In its relationship with the Dangote Refinery, NNPC has extended its serial falsehoods. This it does in its communication with Nigerians on what actually is the subsisting deal between the two. The most laughable scenario we are left to grapple with is that of a private refinery and national oil giant, the NNPC, exchanging liability of responsibility to fix fuel price as cavalierly as beer mugs are exchanged in shebeens. Trillions of Naira have been spent to make the four Nigerian refinery corpses walk, to no avail. It is either the Tinubu presidency infected NNPC with its lie virus or NNPC cleverly learnt the lying body language of Aso Rock. Or, both. The buck of this falsehood regime however stops at the table of the president. He is perceived as either abetting the lies or doesn’t see anything wrong with it.

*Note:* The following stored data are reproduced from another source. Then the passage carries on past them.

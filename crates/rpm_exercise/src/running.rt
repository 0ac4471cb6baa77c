//! The exercise as a whole.

ghost use Rattle.std.specs.Prelude.{◌≡◌, ℕ, ◌≤◌, Bool, List, true, IsTrue, Ok, Err, OnOk, IfOk, IfErr};
ghost use Rattle.rpm_exercise.specs.Prelude.{changes, DiskFault, CourseProgress, EndedOnOut, exercise, Hand, is_indexed, IsCurrent, IsNext, IsOfQuestion, IsReady, IsRefused, IsStop, LimitsTurn, OnceBegun, ReachesMade, Remade, HoldsAfterRebuild, store_of, Runs, SameLog, state_in, units_needed, ProgressInBoth, with_out};
ghost use Rattle.rpm_db.specs.Database as database;

use crate::rounds::change_all;
use crate::summary::summary;
use rpm_db::{ChangeFault, Db};
use rpm_effects::{Halt, Tally};
use rpm_outside::{Buffered, Disk, Sink, put_and_flush};
use std::alloc::Global;

/// Why the exercise isn't done.
#[derive(Clone, Copy, PartialEq, Eq)]
pub enum ExerciseFault {
    /// The database has packages: the least number.
    NotEmpty { number: u32 },
    /// It was stopped.
    Halted(Halt),
}

/// Makes the changes, and writes to out what is told of the packages that are left.
fn change_and_tell<D: Disk, O: Sink + Drop>(
    alloc: Global,
    db: &mut Db,
    disk: &mut D,
    n: u32,
    out: &mut Buffered<O>,
) -> Result<Tally, Halt>
    requires few { n ≤ 100000 }
    requires current { IsCurrent D.Disk disk.old db.old }
    ensures went { ProgressInBoth D.Disk (IsTrue D.tells) disk.old disk.new db.old db.new result
        (EndedOnOut O.Sink out.old out.new) (exercise n (state_in D.Disk disk.old db.old)) }
    ensures stop { IfErr result (IsStop db.new) }
    ensures out { Hand O.Sink (result ≡ Err Halt.OutFault) out.old out.new }
{
    let tally = change_all(alloc, db, disk, n)?;
    let text = summary(alloc, db, disk)?;
    out.clear();
    match put_and_flush(out, &text) {
        Ok(()) => Ok(tally),
        Err(_) => Err(Halt::OutFault),
    }
}

/// Makes the index anew, whatever it was. There are no packages, so it has room.
fn renew<D: Disk>(alloc: Global, db: &mut Db, disk: &mut D) -> Result<(), Halt>
    requires ready { IsReady D.Disk disk.old db.old }
    ensures store { store_of db.new ≡ store_of db.old }
    ensures indexed { is_indexed db.new ≡ true }
    ensures current { OnOk result (IsCurrent D.Disk disk.new db.new) }
    ensures reach { OnOk result (IsTrue D.tells → ReachesMade (units_needed (D.files disk.old).pkg (Ok (store_of db.old)))
        (D.files disk.old).idx (D.files disk.new).idx) }
    ensures kinds { IfErr result IsOfQuestion }
    ensures runs { Runs D.Disk Remade disk.old disk.new }
    ensures disk { DiskFault D.Disk (result ≡ Err Halt.DiskFault) disk.old disk.new }
{
    match db.rebuild(alloc, disk) {
        Ok(()) => Ok(()),
        Err(ChangeFault::DiskFault) => Err(Halt::DiskFault),
        Err(_) => Err(Halt::NoMemory),
    }
}

/// Makes the index anew, and the changes, and writes to out what is told of the packages that are left.
fn exercise_all<D: Disk, O: Sink + Drop>(
    alloc: Global,
    db: &mut Db,
    disk: &mut D,
    n: u32,
    out: &mut Buffered<O>,
) -> Result<Tally, Halt>
    requires few { n ≤ 100000 }
    requires ready { IsReady D.Disk disk.old db.old }
    ensures ended { IsTrue D.tells → EndedOnOut O.Sink out.old out.new (exercise n (state_in D.Disk disk.old db.old))
        (state_in D.Disk disk.old db.old) (state_in D.Disk disk.new db.new) result }
    ensures limits { IsTrue D.tells → HoldsAfterRebuild (units_needed (D.files disk.old).pkg (Ok (store_of db.old)))
        (λ mid. LimitsTurn true (state_in D.Disk disk.old db.old) (store_of db.old) (store_of db.new) mid (D.files disk.new)
        (changes n (state_in D.Disk disk.old db.old)) result) (D.files disk.old) }
    ensures current { IfOk result (λ _tally. IsCurrent D.Disk disk.new db.new) }
    ensures stop { IfErr result (IsStop db.new) }
    ensures runs { Runs D.Disk SameLog disk.old disk.new }
    ensures disk { DiskFault D.Disk (result ≡ Err Halt.DiskFault) disk.old disk.new }
    ensures out { Hand O.Sink (result ≡ Err Halt.OutFault) out.old out.new }
{
    renew(alloc, db, disk)?;
    change_and_tell(alloc, db, disk, n, out)
}

/// The exercise: on a database without packages it makes the changes of `n` headers, and then writes to `out` how many
/// packages are left, how many provide each of the seven capabilities, and the SHA-256 of what an export of them would
/// write, in one piece.
///
/// It adds the headers 1 to `n` with the leading number 1, then puts each that is divisible by 3 in its own place with
/// the leading number 2, then erases each that is divisible by 5: `n + n / 3 + n / 5` changes, and nothing fails. The
/// next number may be any; so the headers may begin anywhere. First the index is rebuilt, from no packages, so that
/// what is told doesn't rest on what it was. What is told is asked of the database with that index, as any question is:
/// all packages are read once, to count them and for the digest, and the candidates of each capability once. One
/// header is held at a time, and the lines.
///
/// The disk may be an overlay: then all changes can be committed as one. After an `Err` but `NotEmpty` the database
/// isn't to be used further. The headers, the rounds and the lines are this project's own.
///
/// # Errors
///
/// `NotEmpty` comes exactly where there is a package, with the least number; nothing is done then. Else, going through
/// the changes in order, the first that is refused decides, and of it the first of these four limits that it meets:
///
/// - `NumbersSpent` where a header is to be added and the next number is 4294967295.
/// - `GenerationSpent` where the generation is 4294967295; each change raises it by one.
/// - `StoreFull` where a header, or a package in the way of its slot page, fits nowhere below 4 GiB.
/// - `IndexFull` where the rows after it need more than 268435456 units, with that number.
///
/// And besides:
///
/// - `BadIndex` never where the disk's contents are told: the index holds the rows.
/// - `DiskFault` and `OutFault` only where that object's count of faults rose. Before `OutFault` the first bytes of the
///   lines were written.
/// - `NoMemory` where a header, a change, a question or the lines find no memory; also where a number that was given
///   isn't there or is too great, which takes a disk that doesn't keep what it is given. It answers nothing else.
pub fn exercise<D: Disk, O: Sink + Drop>(
    alloc: Global,
    db: &mut Db,
    disk: &mut D,
    n: u32,
    out: &mut Buffered<O>,
) -> Result<Tally, ExerciseFault>
    requires few { n ≤ 100000 }
    requires ready { IsReady D.Disk disk.old db.old }
    ensures empty { IsRefused (IsNext (λ m. database.holds m db.old) 0) result }
    ensures refused { (number : ℕ) → result ≡ Err (ExerciseFault.NotEmpty number) → (db.new ≡ db.old) × (disk.new ≡ disk.old) × (out.new ≡ out.old) }
    ensures ended { IsTrue D.tells → (err_tells : Bool) (err : List ℕ)
        → OnceBegun (λ r. CourseProgress (exercise n (state_in D.Disk disk.old db.old)) (state_in D.Disk disk.old db.old)
        (state_in D.Disk disk.new db.new) r (with_out O.Sink err_tells err out.old)
        (with_out O.Sink err_tells err out.new)) result }
    ensures limits { IsTrue D.tells → OnceBegun
        (λ r. HoldsAfterRebuild (units_needed (D.files disk.old).pkg (Ok (store_of db.old)))
        (λ mid. LimitsTurn true (state_in D.Disk disk.old db.old) (store_of db.old) (store_of db.new) mid (D.files disk.new)
        (changes n (state_in D.Disk disk.old db.old)) r) (D.files disk.old)) result }
    ensures current { IfOk result (λ _tally. IsCurrent D.Disk disk.new db.new) }
    ensures stop { OnceBegun (λ r. IfErr r (IsStop db.new)) result }
    ensures runs { Runs D.Disk SameLog disk.old disk.new }
    ensures disk { DiskFault D.Disk (result ≡ Err (ExerciseFault.Halted Halt.DiskFault)) disk.old disk.new }
    ensures out { Hand O.Sink (result ≡ Err (ExerciseFault.Halted Halt.OutFault)) out.old out.new }
{
    if let Some(number) = db.next_above(0) {
        return Err(ExerciseFault::NotEmpty { number });
    }
    match exercise_all(alloc, db, disk, n, out) {
        Ok(tally) => Ok(tally),
        Err(halt) => Err(ExerciseFault::Halted(halt)),
    }
}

The trust deficit between Nigerians and their president is as a thick fog. The people believe he has exported the “Eko for show opacity” to the federal. A government that wanted to disconnect from the rank corruption in NNPC won’t have the president as minister of petroleum. Its first hammer, according to projections, would land heavily on Mele Kyari and his oil-sucking bug directors. There was no hammer and no head for it to land on. The president compounded the equation by appointing his old warhorse ally as chair of board, a man whose recency of knowledge of the oil industry is as fossilized as prehistoric remains. Rumour also circulates that every liter of petrol bought in Nigeria is a goat tethered for sacrifice by the grove of Bourdilllon. The corruption broth is finally cooked.
Now, Nigeria is on her knees, totally castrated by a binge of falsehoods and Nigerian rulers’ illicit thirst to make money at the expense of Nigeria and Nigerians. Roiling angers are the mask worn by Nigerians as they walk long hours on the street to their destinations. Nigerians are dying in droves and fat cats are still talking about policies. You could feel the thickness of hopelessness hanging in the Nigerian sky. Yet, the president talks unfeelingly like a compassionless surgeon who just had a job to do – yank some goddamn flesh off the navel. I have analyzed President Tinubu’s China speech severally in less than 24 hours. He talked about a reform that is painful but which would yield results. Results to who, and for whom? To skeletons or cadavers in the mortuary? The president seems to have snatched the trophy of heartlessness from Ibrahim Babangida and his MAMSER, SAP excruciating policies. We should have known that Tinubu learnt the art from the Prince of Niger.
Deploying the image of Kevin Carter and his award-winning photography, dying Nigerians are Kong Nyong, battered by hunger and long hours at fuel stations. Hungry vultures are biding their time to feast on our carcasses. Our president has a reform to carry out. And, like Kevin, has “a flight to catch”.